→ Task to complete
Check each line of the listing below for the word "IfSome" and say how many lines have it. Nothing else should be written.

→ Material for this task
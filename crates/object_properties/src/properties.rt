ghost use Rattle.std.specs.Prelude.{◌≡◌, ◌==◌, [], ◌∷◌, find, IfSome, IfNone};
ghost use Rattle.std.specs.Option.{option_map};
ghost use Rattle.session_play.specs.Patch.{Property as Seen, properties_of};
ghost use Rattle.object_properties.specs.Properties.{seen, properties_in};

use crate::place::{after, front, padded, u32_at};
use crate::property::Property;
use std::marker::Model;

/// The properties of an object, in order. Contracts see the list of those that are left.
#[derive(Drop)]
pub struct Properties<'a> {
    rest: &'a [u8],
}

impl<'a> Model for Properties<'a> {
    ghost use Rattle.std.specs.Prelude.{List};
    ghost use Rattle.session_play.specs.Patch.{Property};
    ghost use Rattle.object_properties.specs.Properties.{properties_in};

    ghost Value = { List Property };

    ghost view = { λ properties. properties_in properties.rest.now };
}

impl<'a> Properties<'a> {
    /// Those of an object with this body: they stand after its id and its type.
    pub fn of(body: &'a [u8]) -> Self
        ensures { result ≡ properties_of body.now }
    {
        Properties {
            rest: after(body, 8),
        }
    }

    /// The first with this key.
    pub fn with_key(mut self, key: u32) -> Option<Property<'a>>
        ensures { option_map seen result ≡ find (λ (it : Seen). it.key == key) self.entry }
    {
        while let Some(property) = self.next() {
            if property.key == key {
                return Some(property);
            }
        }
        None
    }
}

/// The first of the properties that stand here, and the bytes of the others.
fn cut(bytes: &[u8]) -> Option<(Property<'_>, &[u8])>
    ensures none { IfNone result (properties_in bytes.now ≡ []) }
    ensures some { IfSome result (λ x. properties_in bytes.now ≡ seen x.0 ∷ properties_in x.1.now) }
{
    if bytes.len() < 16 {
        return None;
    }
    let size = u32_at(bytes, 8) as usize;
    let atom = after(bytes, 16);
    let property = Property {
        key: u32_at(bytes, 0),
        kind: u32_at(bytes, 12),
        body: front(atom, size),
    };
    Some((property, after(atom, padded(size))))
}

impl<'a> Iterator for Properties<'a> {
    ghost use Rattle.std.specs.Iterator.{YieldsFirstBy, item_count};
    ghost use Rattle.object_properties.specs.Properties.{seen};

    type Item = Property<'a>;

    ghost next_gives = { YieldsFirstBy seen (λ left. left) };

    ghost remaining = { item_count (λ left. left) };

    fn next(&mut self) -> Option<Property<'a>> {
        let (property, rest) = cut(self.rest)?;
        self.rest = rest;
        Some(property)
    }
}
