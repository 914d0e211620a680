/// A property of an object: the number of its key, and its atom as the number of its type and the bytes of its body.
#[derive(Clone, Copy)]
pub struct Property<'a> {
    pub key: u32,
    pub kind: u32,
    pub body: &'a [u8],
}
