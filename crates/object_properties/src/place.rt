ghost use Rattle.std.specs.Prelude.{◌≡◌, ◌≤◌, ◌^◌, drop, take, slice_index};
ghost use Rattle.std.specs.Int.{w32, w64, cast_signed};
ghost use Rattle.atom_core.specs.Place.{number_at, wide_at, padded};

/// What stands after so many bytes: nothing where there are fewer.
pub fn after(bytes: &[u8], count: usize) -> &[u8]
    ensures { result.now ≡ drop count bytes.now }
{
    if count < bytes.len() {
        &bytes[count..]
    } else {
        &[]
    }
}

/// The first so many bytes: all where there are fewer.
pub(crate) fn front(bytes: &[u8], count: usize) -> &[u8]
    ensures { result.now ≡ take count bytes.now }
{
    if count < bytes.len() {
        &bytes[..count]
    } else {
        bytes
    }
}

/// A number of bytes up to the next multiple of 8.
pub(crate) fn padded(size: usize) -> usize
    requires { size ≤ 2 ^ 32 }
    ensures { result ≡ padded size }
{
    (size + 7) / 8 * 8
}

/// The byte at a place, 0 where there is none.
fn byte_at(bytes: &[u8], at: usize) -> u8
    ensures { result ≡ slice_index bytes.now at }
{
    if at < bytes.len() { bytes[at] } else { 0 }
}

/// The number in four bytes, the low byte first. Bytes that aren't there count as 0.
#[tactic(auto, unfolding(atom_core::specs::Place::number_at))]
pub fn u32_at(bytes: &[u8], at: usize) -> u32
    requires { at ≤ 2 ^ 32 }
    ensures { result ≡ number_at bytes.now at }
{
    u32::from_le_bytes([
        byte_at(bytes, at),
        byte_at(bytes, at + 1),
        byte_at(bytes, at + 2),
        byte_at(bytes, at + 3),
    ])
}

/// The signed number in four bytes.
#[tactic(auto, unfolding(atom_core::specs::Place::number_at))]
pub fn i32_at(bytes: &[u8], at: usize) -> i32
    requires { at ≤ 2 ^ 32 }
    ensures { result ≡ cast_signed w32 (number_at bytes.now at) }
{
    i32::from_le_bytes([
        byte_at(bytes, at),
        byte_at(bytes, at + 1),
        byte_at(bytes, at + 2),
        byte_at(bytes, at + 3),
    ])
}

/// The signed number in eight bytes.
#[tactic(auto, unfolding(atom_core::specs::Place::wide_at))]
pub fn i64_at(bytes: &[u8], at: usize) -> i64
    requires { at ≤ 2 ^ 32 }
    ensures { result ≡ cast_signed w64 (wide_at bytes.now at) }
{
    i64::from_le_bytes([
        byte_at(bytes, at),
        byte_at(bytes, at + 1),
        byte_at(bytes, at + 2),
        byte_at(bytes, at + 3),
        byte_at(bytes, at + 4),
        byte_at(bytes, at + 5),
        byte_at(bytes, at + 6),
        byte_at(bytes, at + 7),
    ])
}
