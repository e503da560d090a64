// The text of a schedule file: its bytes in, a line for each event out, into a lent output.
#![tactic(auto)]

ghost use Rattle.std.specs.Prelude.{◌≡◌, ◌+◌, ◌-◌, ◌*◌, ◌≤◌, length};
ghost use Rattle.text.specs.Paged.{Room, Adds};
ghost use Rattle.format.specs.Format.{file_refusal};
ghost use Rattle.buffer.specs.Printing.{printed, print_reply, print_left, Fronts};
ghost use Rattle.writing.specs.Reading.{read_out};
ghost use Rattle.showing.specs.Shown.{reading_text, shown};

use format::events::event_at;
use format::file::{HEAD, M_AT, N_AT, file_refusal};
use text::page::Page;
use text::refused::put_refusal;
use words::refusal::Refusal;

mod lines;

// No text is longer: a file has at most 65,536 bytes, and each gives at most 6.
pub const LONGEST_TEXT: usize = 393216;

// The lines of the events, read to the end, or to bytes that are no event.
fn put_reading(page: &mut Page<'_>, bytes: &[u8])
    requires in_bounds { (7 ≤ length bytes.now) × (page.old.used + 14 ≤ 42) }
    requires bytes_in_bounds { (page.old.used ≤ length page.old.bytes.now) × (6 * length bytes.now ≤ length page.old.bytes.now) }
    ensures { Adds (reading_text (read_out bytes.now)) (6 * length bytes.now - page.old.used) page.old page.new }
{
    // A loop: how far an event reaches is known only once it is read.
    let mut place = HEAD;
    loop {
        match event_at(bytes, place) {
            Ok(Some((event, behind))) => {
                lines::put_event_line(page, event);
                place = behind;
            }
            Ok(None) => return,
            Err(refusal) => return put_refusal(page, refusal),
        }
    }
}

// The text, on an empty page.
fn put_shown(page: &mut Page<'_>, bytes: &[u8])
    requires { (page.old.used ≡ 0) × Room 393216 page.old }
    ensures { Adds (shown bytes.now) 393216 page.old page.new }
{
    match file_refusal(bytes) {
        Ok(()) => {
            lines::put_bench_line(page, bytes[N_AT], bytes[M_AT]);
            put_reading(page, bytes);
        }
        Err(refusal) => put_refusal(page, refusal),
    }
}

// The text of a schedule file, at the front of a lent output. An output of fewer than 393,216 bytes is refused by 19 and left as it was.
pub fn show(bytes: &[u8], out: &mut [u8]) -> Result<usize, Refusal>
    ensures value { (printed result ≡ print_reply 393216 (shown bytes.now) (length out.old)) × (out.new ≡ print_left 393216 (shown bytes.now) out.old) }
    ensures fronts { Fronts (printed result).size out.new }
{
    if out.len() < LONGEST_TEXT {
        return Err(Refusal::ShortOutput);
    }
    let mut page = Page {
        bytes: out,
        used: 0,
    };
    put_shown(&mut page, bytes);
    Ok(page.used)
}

---

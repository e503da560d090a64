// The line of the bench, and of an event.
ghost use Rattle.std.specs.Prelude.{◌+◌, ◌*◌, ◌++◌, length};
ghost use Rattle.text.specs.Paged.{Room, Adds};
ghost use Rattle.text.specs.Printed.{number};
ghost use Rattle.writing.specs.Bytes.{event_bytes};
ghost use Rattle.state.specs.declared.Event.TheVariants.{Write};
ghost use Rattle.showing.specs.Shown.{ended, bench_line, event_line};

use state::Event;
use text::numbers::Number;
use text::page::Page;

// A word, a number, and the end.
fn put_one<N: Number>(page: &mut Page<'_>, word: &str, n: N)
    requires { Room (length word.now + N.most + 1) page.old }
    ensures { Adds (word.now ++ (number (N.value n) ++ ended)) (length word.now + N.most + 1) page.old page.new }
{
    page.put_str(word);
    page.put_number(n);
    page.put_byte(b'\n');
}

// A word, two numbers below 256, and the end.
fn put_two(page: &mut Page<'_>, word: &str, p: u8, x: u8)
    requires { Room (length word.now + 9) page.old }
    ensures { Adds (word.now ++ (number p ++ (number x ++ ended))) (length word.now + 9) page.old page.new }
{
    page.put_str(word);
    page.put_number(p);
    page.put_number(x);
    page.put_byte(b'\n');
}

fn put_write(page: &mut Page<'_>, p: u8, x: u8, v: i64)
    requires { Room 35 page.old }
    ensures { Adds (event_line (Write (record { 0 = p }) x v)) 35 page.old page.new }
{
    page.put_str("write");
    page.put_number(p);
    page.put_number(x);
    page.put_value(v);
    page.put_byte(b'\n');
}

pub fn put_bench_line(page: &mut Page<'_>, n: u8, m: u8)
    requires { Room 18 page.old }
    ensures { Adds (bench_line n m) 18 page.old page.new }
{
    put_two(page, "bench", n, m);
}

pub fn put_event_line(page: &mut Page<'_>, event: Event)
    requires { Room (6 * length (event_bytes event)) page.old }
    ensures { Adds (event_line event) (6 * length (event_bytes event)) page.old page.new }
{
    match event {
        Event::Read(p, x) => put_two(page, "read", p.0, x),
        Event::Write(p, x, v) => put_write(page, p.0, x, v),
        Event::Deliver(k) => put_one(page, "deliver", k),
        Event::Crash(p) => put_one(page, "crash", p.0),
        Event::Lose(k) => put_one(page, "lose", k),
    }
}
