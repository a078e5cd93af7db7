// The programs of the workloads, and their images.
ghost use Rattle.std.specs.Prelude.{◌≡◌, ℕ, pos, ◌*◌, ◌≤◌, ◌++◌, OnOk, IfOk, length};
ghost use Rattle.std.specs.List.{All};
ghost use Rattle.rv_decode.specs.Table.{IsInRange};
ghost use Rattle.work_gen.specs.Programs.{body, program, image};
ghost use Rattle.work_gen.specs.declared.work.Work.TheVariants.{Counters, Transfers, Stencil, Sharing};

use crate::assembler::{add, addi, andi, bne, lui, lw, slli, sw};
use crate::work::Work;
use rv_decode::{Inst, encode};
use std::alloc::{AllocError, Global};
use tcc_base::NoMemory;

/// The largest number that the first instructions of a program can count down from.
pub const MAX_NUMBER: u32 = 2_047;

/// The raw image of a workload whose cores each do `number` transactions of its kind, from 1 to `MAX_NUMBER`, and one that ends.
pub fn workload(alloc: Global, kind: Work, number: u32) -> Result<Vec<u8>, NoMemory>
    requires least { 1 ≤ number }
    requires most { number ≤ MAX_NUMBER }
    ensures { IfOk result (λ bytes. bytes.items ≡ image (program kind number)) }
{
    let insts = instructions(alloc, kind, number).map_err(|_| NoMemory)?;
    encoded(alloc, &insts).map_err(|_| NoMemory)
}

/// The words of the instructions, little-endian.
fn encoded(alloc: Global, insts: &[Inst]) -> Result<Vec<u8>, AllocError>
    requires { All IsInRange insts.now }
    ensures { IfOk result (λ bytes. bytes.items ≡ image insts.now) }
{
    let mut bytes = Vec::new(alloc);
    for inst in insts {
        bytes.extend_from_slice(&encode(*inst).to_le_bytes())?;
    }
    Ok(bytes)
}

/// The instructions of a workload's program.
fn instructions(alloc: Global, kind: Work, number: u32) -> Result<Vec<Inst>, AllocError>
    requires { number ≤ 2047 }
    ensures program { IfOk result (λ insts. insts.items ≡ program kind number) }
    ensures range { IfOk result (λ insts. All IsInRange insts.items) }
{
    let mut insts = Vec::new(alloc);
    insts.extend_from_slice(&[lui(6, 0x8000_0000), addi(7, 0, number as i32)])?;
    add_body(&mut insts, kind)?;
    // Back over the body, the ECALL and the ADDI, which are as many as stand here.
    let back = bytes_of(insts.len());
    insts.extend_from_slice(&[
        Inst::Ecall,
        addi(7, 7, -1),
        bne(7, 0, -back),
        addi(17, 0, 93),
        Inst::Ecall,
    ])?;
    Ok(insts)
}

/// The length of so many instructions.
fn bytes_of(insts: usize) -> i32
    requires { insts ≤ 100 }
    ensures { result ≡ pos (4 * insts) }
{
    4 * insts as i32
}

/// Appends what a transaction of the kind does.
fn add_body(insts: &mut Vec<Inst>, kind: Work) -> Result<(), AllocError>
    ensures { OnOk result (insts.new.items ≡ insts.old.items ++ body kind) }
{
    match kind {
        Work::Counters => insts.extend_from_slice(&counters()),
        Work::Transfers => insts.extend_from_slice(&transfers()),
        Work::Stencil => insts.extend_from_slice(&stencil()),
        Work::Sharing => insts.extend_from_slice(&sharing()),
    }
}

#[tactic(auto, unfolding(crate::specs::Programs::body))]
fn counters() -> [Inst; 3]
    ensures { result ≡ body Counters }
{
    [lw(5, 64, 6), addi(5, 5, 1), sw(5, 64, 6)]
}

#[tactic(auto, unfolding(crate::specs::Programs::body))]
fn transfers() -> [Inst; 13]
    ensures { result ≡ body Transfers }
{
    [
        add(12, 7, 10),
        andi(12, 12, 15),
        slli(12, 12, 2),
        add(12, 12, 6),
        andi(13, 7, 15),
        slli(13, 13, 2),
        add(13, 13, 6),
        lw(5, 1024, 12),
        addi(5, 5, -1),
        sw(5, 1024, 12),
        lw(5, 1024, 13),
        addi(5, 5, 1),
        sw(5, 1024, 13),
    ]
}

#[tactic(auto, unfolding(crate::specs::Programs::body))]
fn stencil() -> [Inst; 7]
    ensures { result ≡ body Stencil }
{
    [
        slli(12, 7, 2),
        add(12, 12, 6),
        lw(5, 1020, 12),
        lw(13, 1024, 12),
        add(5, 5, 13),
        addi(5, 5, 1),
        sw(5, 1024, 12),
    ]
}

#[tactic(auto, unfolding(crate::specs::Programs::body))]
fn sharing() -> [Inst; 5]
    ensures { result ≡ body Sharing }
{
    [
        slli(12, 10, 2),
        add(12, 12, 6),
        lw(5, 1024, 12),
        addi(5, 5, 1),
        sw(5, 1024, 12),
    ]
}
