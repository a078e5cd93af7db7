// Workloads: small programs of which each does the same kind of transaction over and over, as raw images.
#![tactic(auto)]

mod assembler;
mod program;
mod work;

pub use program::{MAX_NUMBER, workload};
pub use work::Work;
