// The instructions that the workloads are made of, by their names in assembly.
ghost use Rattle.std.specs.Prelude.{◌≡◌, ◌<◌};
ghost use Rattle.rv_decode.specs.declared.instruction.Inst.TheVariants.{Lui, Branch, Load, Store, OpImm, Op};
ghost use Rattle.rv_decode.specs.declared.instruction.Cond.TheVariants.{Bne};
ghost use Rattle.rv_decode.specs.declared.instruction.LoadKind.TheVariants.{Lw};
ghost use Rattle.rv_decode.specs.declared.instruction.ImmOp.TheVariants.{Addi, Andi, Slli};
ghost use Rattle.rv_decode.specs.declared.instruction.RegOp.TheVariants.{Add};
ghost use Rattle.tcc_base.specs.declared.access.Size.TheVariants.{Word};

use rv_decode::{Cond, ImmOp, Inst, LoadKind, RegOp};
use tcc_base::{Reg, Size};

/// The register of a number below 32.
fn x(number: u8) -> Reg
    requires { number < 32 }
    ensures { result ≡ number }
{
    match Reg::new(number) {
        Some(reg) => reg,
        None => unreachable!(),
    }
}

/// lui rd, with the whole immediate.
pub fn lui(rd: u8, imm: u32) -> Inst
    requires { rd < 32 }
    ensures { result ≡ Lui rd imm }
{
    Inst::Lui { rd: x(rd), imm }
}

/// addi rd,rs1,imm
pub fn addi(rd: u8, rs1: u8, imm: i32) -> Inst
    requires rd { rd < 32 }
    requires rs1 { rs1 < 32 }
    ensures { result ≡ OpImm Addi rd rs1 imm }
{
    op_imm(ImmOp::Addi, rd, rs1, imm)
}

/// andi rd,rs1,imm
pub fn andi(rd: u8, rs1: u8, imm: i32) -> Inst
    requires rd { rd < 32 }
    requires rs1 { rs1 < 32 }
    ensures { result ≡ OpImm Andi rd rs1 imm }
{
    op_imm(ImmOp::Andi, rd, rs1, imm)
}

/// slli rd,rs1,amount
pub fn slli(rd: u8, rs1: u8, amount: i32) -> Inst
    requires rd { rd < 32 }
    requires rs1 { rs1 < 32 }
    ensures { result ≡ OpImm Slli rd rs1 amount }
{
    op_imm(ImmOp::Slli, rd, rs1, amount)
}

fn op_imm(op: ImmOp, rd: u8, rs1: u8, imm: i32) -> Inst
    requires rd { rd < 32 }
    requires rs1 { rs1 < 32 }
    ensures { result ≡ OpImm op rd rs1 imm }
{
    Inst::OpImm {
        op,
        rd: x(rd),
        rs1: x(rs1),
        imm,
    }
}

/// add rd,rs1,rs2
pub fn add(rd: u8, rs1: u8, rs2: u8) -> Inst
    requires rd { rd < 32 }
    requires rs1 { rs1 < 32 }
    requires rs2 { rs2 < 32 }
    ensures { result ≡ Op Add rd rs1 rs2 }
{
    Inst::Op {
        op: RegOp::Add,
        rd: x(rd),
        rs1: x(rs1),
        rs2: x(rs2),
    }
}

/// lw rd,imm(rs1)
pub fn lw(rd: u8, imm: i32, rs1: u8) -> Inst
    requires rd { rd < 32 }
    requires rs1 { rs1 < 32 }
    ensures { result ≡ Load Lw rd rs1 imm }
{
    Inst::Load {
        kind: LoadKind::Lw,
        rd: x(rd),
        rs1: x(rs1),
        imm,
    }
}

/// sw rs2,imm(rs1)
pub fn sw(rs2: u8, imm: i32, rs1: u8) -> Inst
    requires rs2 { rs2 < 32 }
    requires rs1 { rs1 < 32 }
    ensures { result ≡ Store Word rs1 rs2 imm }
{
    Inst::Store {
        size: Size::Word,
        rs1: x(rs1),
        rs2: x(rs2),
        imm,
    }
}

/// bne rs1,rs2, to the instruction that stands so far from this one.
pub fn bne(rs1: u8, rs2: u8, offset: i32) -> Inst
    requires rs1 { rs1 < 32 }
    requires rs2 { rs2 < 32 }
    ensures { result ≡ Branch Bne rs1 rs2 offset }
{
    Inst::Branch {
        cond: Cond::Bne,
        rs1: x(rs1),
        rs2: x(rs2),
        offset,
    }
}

→ Answer box
2